The Easter Pagan Origin
Easter, the Celtic spring festival of the springtime, is a popular topic on many Easter traditions and beliefs. Easter Sunday is the most significant religious event of the spring season in Christianity. This is the date when the Magi went to the manger to find the child Jesus. Some Christians believe that the Resurrection of Jesus Christ on Easter Sunday is the true Christian festival.
The true Christian festival of Easter is commemorated in its original form in the ancient city of Easter. This was the site of one of the greatest ancient mysteryologies – the Great Account of Raising the Dead. The story goes that as the Pagan goddess, Ashtoreth, raised the dead, she had her attendants gather round, toasting her with eggs and scattering them. The eggs represent the sun’s rays, while the gathered offerings symbolize the days of spring.
The Pagan goddess Ashtoreth had a son named Osiris, who became the ancestor of Horus, Ra, and Seth. She abandoned her son and went into exile with her daughter Isis, and their son Horus was born two months later. Later she took her daughter Taurus with her, and the two sisters traveled to Luxor, the ancient Egyptian capital. There they joined forces with the magician Nodens and fought against Seth of Upper Egypt, whose capital at Memphis. The two sisters defeated him, took control of the Nile, and established a dynasty which swept aside the competition of the Pharoahs and the Romans for the rule of the fertile Nile region.
Early Christians consider Easter as their own festival, which they celebrate according to the many legends that surround the Resurrection of Jesus. The true story is that when the Roman general, Caesar, learned that Jesus was born in Bethlehem, he despaired and asked for a star to be thrown into the water. This was done by Balaam, who then flashed a rainbow, which pointed toward the town of Nazareth. Many Christians commemorate Balaam by carrying his bones from place to place, but this legend claims that many young women from Nazareth were given eggs to celebrate the miracle.
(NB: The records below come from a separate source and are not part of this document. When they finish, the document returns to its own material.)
//! The rows of a record with the archives that it keeps.
ghost use Rattle.std.specs.Prelude.{◌≡◌, None, IfOk, IfErr};
ghost use Rattle.sqlite.specs.State.{HasCleanDisk};
ghost use Rattle.sqlite.specs.Held.{state};
ghost use Rattle.job_record.specs.Map.{IsRecordOf};
ghost use Rattle.record_program.specs.Endings.{ShowsNone};
ghost use Rattle.record_program.specs.Listing.{Lists, IsListing, ListsOn};

use crate::closing::left_of;
use crate::databases::Databases;
use crate::ending::Ending;
use crate::file::seen_in_copy;
use crate::held::held_record;
use job_record::{JobRecord, RecordFault};
use job_rows::{Archive, Row};
use plain_data::Items;
use sqlite::{Alter, FileStore};
use sqlite_disk::Disk;
use std::mem;
use std::rt::Files as Folder;

/// What a record holds.
#[derive(Drop)]
pub struct Listing {
    /// In the order of the bytes of their keys.
    pub rows: Items<Row>,
    /// The archives that are kept, the oldest last use first.
    pub archives: Items<Archive>,
}

/// Lists what the record of a file holds.
pub fn listed_on<R: AllocGlobal + Folder + Databases>(rt: &R, file: &str) -> Result<Listing, Ending>
    ensures whose { IfOk result (ListsOn R.Medium.Disk (R.opens rt.now file.now)) }
    ensures err { IfErr result ShowsNone }
{
    match held_record(rt, file) {
        Ok(kept) => listed_in(kept),
        Err(ending) => Err(ending),
    }
}

/// The same, and of a copy of the file if another holds it or it may not be written.
pub fn seen_on<R: AllocGlobal + Folder + Databases>(rt: &R, file: &str) -> Result<Listing, Ending>
    ensures whose { IfOk result (ListsOn R.Medium.Disk (R.opens rt.now file.now)) }
    ensures err { IfErr result ShowsNone }
{
    match held_record(rt, file) {
        Ok(kept) => listed_in(kept),
        Err(Ending::Record(fault)) => listed_in_copy(rt, file, fault),
        Err(ending) => Err(ending),
    }
}

fn listed_in_copy<R: AllocGlobal + Folder + Databases>(
    rt: &R,
    file: &str,
    fault: RecordFault,
) -> Result<Listing, Ending>
    ensures whose { IfOk result (ListsOn R.Medium.Disk (R.opens rt.now file.now)) }
    ensures err { IfErr result ShowsNone }
{
    match seen_in_copy(rt, file, fault) {
        Ok(kept) => listed_in(kept),
        Err(fault) => Err(Ending::Record(fault)),
    }
}

// Nothing was changed, so nothing is lost if the record can't be closed.
fn listed_in<D: Disk + Drop>(mut kept: JobRecord<FileStore<D>>) -> Result<Listing, Ending>
    ensures ok { IfOk result (IsListing D.Disk kept.conn) }
    ensures err { IfErr result ShowsNone }
{
    let listing = listed(&mut kept);
    let left = left_of(kept.into_connection());
    mem::drop(left);
    match listing {
        Ok(listing) => Ok(listing),
        Err(fault) => Err(Ending::Record(fault)),
    }
}

/// Lists the rows of a record, and then its archives.
pub fn listed<S: Alter>(kept: &mut JobRecord<S>) -> Result<Listing, RecordFault>
    ensures clean { HasCleanDisk (state S.Store kept.new.conn)
        → HasCleanDisk (state S.Store kept.old.conn) }
    ensures lists { HasCleanDisk (state S.Store kept.new.conn)
        → (map : _) → IsRecordOf (state S.Store kept.old.conn) map
        → Lists S.Store map kept.old.conn kept.new.conn result }
{
    match kept.list() {
        Ok(rows) => match kept.archives() {
            Ok(archives) => Ok(Listing { rows, archives }),
            Err(fault) => Err(fault),
        },
        Err(fault) => Err(fault),
    }
}
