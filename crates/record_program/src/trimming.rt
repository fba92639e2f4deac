//! The archives of a record that a budget has no room for, over any store: they go, the oldest last use first.
ghost use Rattle.std.specs.Prelude.{◌≡◌, ◌≤◌, ℕ, IfOk, IfErr, Some, length, take};
ghost use Rattle.sqlite.specs.State.{HasCleanDisk};
ghost use Rattle.sqlite.specs.Held.{state};
ghost use Rattle.job_rows.specs.Map.{keys_in};
ghost use Rattle.job_record.specs.declared.fault.RecordFault.TheVariants.{OutOfMemory};
ghost use Rattle.job_record.specs.Counted.{FitsSpace};
ghost use Rattle.job_record.specs.Map.{IsRecordOf};
ghost use Rattle.record_program.specs.Endings.{IsEnding};
ghost use Rattle.record_program.specs.Trimming.{Trims, TrimsFirst, lost_keys};
ghost use Rattle.record_program.specs.inner.Steps.{HoldsLost, LosesFirst, LosesOne};

use crate::ending::Ending;
use crate::store::shown;
use job_record::{JobRecord, RecordFault};
use job_rows::{Archive, lost_count};
use plain_data::{Items, Text};
use sqlite::{Alter, Error};
use std::alloc::{AllocError, Global};

/// Lets the archives of the oldest last use go until the others have at most so many bytes together, and shows the rows, which all
/// stay. Returns the keys whose archives went: none if that was refused on the way.
#[tactic(auto, using(crate::specs::Endings::faulty))]
pub fn trimmed<S: Alter>(
    alloc: Global,
    kept: &mut JobRecord<S>,
    budget: u64,
) -> (Ending, Items<Text>)
    ensures ending { IsEnding result.0 }
    ensures clean { HasCleanDisk (state S.Store kept.new.conn)
        → HasCleanDisk (state S.Store kept.old.conn) }
    ensures trims { HasCleanDisk (state S.Store kept.new.conn)
        → (map : _) → FitsSpace kept.old.space map → IsRecordOf (state S.Store kept.old.conn) map
        → TrimsFirst S.Store map kept.new.conn budget result.0 result.1 }
{
    match lose_oldest(alloc, kept, budget) {
        Ok(lost) => (shown(alloc, kept), lost),
        Err(fault) => (Ending::Record(fault), Items::new(alloc)),
    }
}

fn lose_oldest<S: Alter>(
    alloc: Global,
    kept: &mut JobRecord<S>,
    budget: u64,
) -> Result<Items<Text>, RecordFault>
    ensures clean { HasCleanDisk (state S.Store kept.new.conn)
        → HasCleanDisk (state S.Store kept.old.conn) }
    ensures trims { HasCleanDisk (state S.Store kept.new.conn)
        → (map : _) → FitsSpace kept.old.space map → IsRecordOf (state S.Store kept.old.conn) map
        → Trims budget map (state S.Store kept.new.conn) result }
{
    let keys = keys_to_lose(alloc, kept, budget)?;
    lose_all(kept, keys.as_slice())?;
    Ok(keys)
}

fn keys_to_lose<S: Alter>(
    alloc: Global,
    kept: &mut JobRecord<S>,
    budget: u64,
) -> Result<Items<Text>, RecordFault>
    ensures clean { HasCleanDisk (state S.Store kept.new.conn)
        → HasCleanDisk (state S.Store kept.old.conn) }
    ensures holds { HasCleanDisk (state S.Store kept.new.conn)
        → (map : _) → IsRecordOf (state S.Store kept.old.conn) map
        → HoldsLost budget map (state S.Store kept.new.conn) result }
    ensures space { kept.new.space ≡ kept.old.space }
{
    match kept.archives() {
        Ok(archives) => picked(alloc, &archives, budget),
        Err(fault) => Err(fault),
    }
}

fn picked(alloc: Global, archives: &Items<Archive>, budget: u64) -> Result<Items<Text>, RecordFault>
    ensures ok { IfOk result (λ keys. keys ≡ lost_keys budget archives.now) }
    ensures err { IfErr result (λ fault. fault ≡ OutOfMemory) }
{
    Ok(lost_keys(alloc, archives.as_slice(), budget)?)
}

/// Returns the keys of the archives that have to go, the first of these, until the rest has at most so many bytes.
pub fn lost_keys(
    alloc: Global,
    archives: &[Archive],
    budget: u64,
) -> Result<Items<Text>, AllocError>
    ensures { IfOk result (λ keys. keys ≡ lost_keys budget archives.now) }
{
    let count = lost_count(archives, Some(budget));
    keys_of(alloc, &archives[..count])
}

fn keys_of(alloc: Global, archives: &[Archive]) -> Result<Items<Text>, AllocError>
    ensures { IfOk result (λ keys. keys ≡ keys_in archives.now) }
{
    let mut keys = Items::new(alloc);
    for archive in archives {
        keys.push(archive.key.copied(alloc)?)?;
    }
    Ok(keys)
}

fn lose_all<S: Alter>(kept: &mut JobRecord<S>, keys: &[Text]) -> Result<(), RecordFault>
    ensures clean { HasCleanDisk (state S.Store kept.new.conn)
        → HasCleanDisk (state S.Store kept.old.conn) }
    ensures loses { HasCleanDisk (state S.Store kept.new.conn)
        → (map : _) → FitsSpace kept.old.space map → IsRecordOf (state S.Store kept.old.conn) map
        → (count : ℕ) → count ≤ length map.archives
        → keys.now ≡ keys_in (take count map.archives)
        → LosesFirst count map (state S.Store kept.new.conn) result }
{
    for key in keys {
        lose_one(kept, key.as_str())?;
    }
    Ok(())
}

// The key has an archive, so its row is there unless the store has failed.
fn lose_one<S: Alter>(kept: &mut JobRecord<S>, key: &str) -> Result<(), RecordFault>
    ensures clean { HasCleanDisk (state S.Store kept.new.conn)
        → HasCleanDisk (state S.Store kept.old.conn) }
    ensures loses { HasCleanDisk (state S.Store kept.new.conn)
        → (map : _) → FitsSpace kept.old.space map → IsRecordOf (state S.Store kept.old.conn) map
        → LosesOne key.now map kept.new.space (state S.Store kept.new.conn) result }
{
    match kept.drop_archive(key) {
        Err(RecordFault::NoRow) => Err(RecordFault::Store(Error::QueryReturnedNoRows)),
        answer => answer,
    }
}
When Christians began celebrating Easter they may have carried the legend of Balaam’s egg, but they also adopted the tradition of eating eggs in several other forms, some of which have even become popular in our own culture. One of these traditions has been adopted into Christian wedding customs. Typically, when couples wed in the springtime, the wedding party will break out in an egg hunt for married women. In many churches, these married women are decorated with flowers and white flowers in their hair. It is believed that these women represent chastity because they did not eat or drink until their wedding night.
Another very popular Easter ritual is the egg hunt. Although this hunt traditionally occurs on Sunday, many companies offer their Easter egg hunts all day long. The eggs are decorated with Easter eggs and white, fluffy petticoats. For this reason, many people choose to visit a company picnic instead of an actual Egg hunt. picnic picnics are perfect for those who do not want to spend too much time in the great outdoors.
Historically, the custom of Easter was associated with Christianity. Because of this, there were no Easter egg hunts. Children were also not allowed to break an egg on Sunday, unlike many other holidays. On the first Sunday of Lent, which is one of the three major Biblical Epistles, Jesus went to the temple of the High Priestess and told her that she would give a young boy an egg to break on her grave. She did so, and he was named Shanks. Because of the many legends of evil characters surrounding Easter, Shanks was often pictured as being a great White Ghost.
In Ireland, the Easter Monday festival began after the crucifixion of St. Valentine. While many Christians marked the day by receiving roses and chocolate, unmarried Christians made Easter more special by distributing eggs and candies to the unmarried. As Christianity spread throughout the world, Easter became a time for family reunions. There were Easter Egg hunts, egg decorating contests and parades. This became especially true in England and Scotland, where the English and Scottish colonialists had strong Christian roots. The White Phantom makes his appearance at the beginning of October in Ireland and many children have a favorite fairy or ghost story associated with the Holiday.